For over three decades, and despite the fact that the constitutional limits of immigration detention and the process of review remained untested, immigration detainees were deprived of their right under section 10(c) of the Charter to seek release by way of habeas corpus. The basis for this decision was the 1989 Court of Appeal for Ontario decision in Peiroo, which held that there was a statutory scheme that provided “a comprehensive scheme for review and appeal at each stage of the immigration proceedings” and thus habeas corpus relief was therefore not available.[72]

A brief description of the facts in Peiroo reveals the manner in which it was subsequently misapplied by other courts, including the Supreme Court of Canada.

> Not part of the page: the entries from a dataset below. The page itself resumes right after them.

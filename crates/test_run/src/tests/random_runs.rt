//! Whole runs in which memory, wires, replies and clocks fail at random.
use crate::tests::bodies::spans_in;
use crate::tests::book::{Book, EVENTS, Event, Runs};
use crate::tests::equal::assert_equal;
use crate::tests::far_side::{Attempt, FarSide};
use crate::tests::random_programs::{below, random_config, random_steps};
use batch_desk::Desk;
use linked_list_allocator::LocalHeap;
use otlp_ids::OutOfMemory;
use otlp_span::{Entry, Reason};
use rand_pcg::Pcg32;
use retry_core::Outcome;
use span_ring::MAX_QUEUE;
use std::alloc::{Allocator, Global};
use std::process::Abort;
use test_support::FailingAllocator;
use trace_run::{RunReport, Step, run};

/// How many runs there are.
const RUNS: u64 = 2_000;

/// How many steps a run has.
const STEPS: u32 = 60;

/// The first attempt of a batch, by its place, with its body.
fn first_of(attempts: &[Attempt], number: u64) -> Option<(usize, &[u8])> {
    for (place, attempt) in attempts.iter().enumerate() {
        if attempt.number == number {
            return Some((place, attempt.body.as_slice()));
        }
    }
    None
}

/// The spans of each body that was handed, once for each batch. The bodies of a batch are equal,
/// and so are those that the far side received.
fn handed(rt: &impl Abort, alloc: Global, attempts: &[Attempt]) -> Vec<u64> {
    let mut found = Vec::new(alloc);
    for (place, attempt) in attempts.iter().enumerate() {
        let (at, body) = first_of(attempts, attempt.number).expect(rt, "an attempt");
        assert_equal(rt, attempt.body.as_slice(), body);
        let received = attempt.received().unwrap_or(body);
        assert_equal(rt, received, body);
        if at == place {
            let spans = spans_in(rt, alloc, body);
            found.extend_from_slice(&spans).expect(rt, "memory");
        }
    }
    found
}

/// Counts what came of the attempts. A reply only comes where the body was received.
fn count_attempts(rt: &impl Abort, attempts: &[Attempt], runs: &mut Runs) {
    for attempt in attempts {
        let is_received = attempt.received().is_some();
        let is_answered = attempt.outcome != Outcome::NoReply;
        assert_equal(rt, is_received || !is_answered, true);
        runs.count_if(attempt.has_failed, Event::FailedWire);
        runs.count_if(is_received && !is_answered, Event::LostReply);
        runs.count_if(!is_received, Event::Unreceived);
    }
}

/// The spans of these batches, each with the reason for which its batch came to nothing.
fn lost_spans(
    rt: &impl Abort,
    alloc: Global,
    attempts: &[Attempt],
    batches: &[(u64, Reason)],
) -> Vec<(u64, Reason)> {
    let mut lost = Vec::new(alloc);
    for (number, reason) in batches {
        let (_, body) = first_of(attempts, *number).expect(rt, "an attempt");
        for span in &spans_in(rt, alloc, body) {
            lost.push((*span, *reason)).expect(rt, "memory");
        }
    }
    lost
}

/// Counts what a run leaves, and notes the batch that is out, where it was handed, as lost.
fn note_left<A: Allocator>(
    rt: &impl Abort,
    report: &RunReport<A>,
    book: &mut Book,
    runs: &mut Runs,
) {
    let out = report.desk().out();
    if let Some((batch, true)) = out {
        let lost = (batch, Reason::LeftHanded);
        book.lost.push(lost).expect(rt, "memory");
    }
    let is_handed = out.map(|(_, is_handed)| is_handed);
    runs.count_if(is_handed == Some(true), Event::BatchAbandoned);
    runs.count_if(is_handed == Some(false), Event::Abandoned);
    runs.count_if(report.desk().waiting() > 0, Event::LeftInQueue);
}

/// Drops all that waits, so that the ledger names it. No batch is out.
fn drop_waiting<A: Allocator>(rt: &impl Abort, desk: &mut Desk<A>) {
    desk.shutdown();
    for _batch in 0..desk.waiting() {
        if let Some(batch) = desk.take(0) {
            assert!(rt; desk.is_in_hand(&batch));
            desk.drop_batch(batch, Reason::Abandoned);
        }
    }
}

/// The span of an entry, and why it wasn't delivered.
fn named(entry: &Entry) -> (u64, Reason) {
    (u64::from_be_bytes(entry.span.0), entry.reason)
}

/// Asserts that the second ledger names these spans, the oldest last. Adds those that the first one
/// names, none of which is lost.
fn assert_named<A: Allocator>(
    rt: &impl Abort,
    desk: &Desk<A>,
    lost: &[(u64, Reason)],
    found: &mut Vec<u64>,
    seed: u64,
) {
    assert_equal(rt, (seed, desk.lost().len()), (seed, lost.len() as u64));
    for (entry, wanted) in desk.lost().iter().zip(lost.iter().rev()) {
        assert_equal(rt, (seed, named(entry)), (seed, *wanted));
    }
    for entry in desk.ledger().iter() {
        let (span, reason) = named(entry);
        assert_equal(rt, (seed, reason.is_lost()), (seed, false));
        found.push(span).expect(rt, "memory");
    }
}

/// Asserts that these are the same spans, in any order, each once.
fn assert_same(rt: &impl Abort, found: &mut Vec<u64>, wanted: &mut Vec<u64>, seed: u64) {
    found.sort().expect(rt, "memory");
    wanted.sort().expect(rt, "memory");
    assert_equal(rt, (seed, found.as_slice()), (seed, wanted.as_slice()));
    found.dedup();
    assert_equal(rt, (seed, found.len()), (seed, wanted.len()));
}

/// Asserts that each sampled span that ended before the shutdown was handed, or waits, or is named:
/// once; and which of those that were handed are lost.
fn assert_accounted<A: Allocator>(
    rt: &impl Abort,
    alloc: Global,
    steps: &[Step<A>],
    report: RunReport<A>,
    far_side: &FarSide,
    runs: &mut Runs,
) {
    let attempts = far_side.attempts.as_slice();
    let mut book = Book::new(alloc);
    book.read(rt, steps, report.answers(), runs);
    note_left(rt, &report, &mut book, runs);
    let counts = (report.answers().len(), far_side.lost);
    assert_equal(rt, (runs.seed, counts), (runs.seed, (steps.len(), 0)));
    count_attempts(rt, attempts, runs);
    let lost = lost_spans(rt, alloc, attempts, &book.lost);
    let mut found = handed(rt, alloc, attempts);
    let mut desk = report.close();
    drop_waiting(rt, &mut desk);
    assert_named(rt, &desk, &lost, &mut found, runs.seed);
    assert_same(rt, &mut found, &mut book.ended, runs.seed);
}

/// Runs a program on scarce memory, and asserts that its spans are accounted for. Nothing was
/// handed where there was no memory for the run.
fn run_random<A: Allocator + Copy>(
    rt: &impl Abort,
    alloc: Global,
    memory: (A, A),
    runs: &mut Runs,
) {
    let (ample, scarce) = memory;
    let steps = random_steps(rt, ample, runs.seed, STEPS);
    let config = random_config(rt, ample, runs.seed);
    let mut far_side = FarSide::new(rt, alloc, runs.seed);
    let (queue, batch) = (config.desk.queue, config.desk.batch);
    assert!(rt; 0 < batch && batch <= queue && queue <= MAX_QUEUE);
    match run(scarce, config, &steps, &mut far_side) {
        Ok(report) => assert_accounted(rt, alloc, &steps, report, &far_side, runs),
        Err(OutOfMemory) => {
            runs.count_if(true, Event::RunRefused);
            assert_equal(rt, far_side.attempts.len(), 0);
        }
    }
}

/// Makes a run on memory that is refused up to three times, at random calls.
fn run_once(rt: &impl Abort, alloc: Global, heap: &LocalHeap, runs: &mut Runs) {
    let mut rng = Pcg32::new(runs.seed, 4);
    let mut layer = |calls: u32| u64::from(below(&mut rng, calls));
    let ample = FailingAllocator::new(heap, u64::MAX);
    let ample = FailingAllocator::new(ample, u64::MAX);
    let scarce = FailingAllocator::new(heap, layer(150));
    let scarce = FailingAllocator::new(scarce, layer(150));
    run_random(rt, alloc, (&ample, &scarce), runs);
}

#[test]
fn random_failures_leave_all_spans_accounted_for(rt: HostRuntime) {
    let heap = LocalHeap::new(rt.alloc(), 262_144).expect(&rt, "memory");
    let mut runs = Runs {
        seed: 0,
        counts: [0; EVENTS],
    };
    for seed in 0..RUNS {
        runs.seed = seed;
        run_once(&rt, rt.alloc(), &heap, &mut runs);
        assert_equal(&rt, (seed, heap.used()), (seed, 0));
    }
    for (event, count) in runs.counts.iter().enumerate() {
        assert_equal(&rt, (event, *count >= 20), (event, true));
    }
}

The appellant in Peiroo filed a habeas corpus application to challenge a deportation order.[73] She contested the immigration adjudicator’s finding that there was no credible basis for her refugee claim and unsuccessfully applied for the issuance of a writ of habeas corpus in the Ontario Superior Court of Justice to halt her deportation.[74] The Court of Appeal for Ontario rejected the appeal on jurisdictional grounds, finding that the remedy of habeas corpus was not available “by reason of the existence of alternative remedies available to the appellant” to challenge the no credible basis finding and her resultant deportation.[75] The court noted that the writ of habeas corpus should be considered an “extraordinary remedy” and that generally there is no recourse to such a remedy “where there is an alternative remedy available, such as an appeal.”[76] The court found that the appellant had alternative remedies available to her—namely provisions of judicial review to the Federal Court and appeal to the Federal Court of Appeal—which the court considered to be as broad as, if not broader than, the superior court’s habeas corpus jurisdiction.[77] On this basis, the Court of Appeal for Ontario held that superior courts should decline to exercise their habeas corpus jurisdiction and force the issues to be litigated, if at all, by way of judicial review in the Federal Court.[78]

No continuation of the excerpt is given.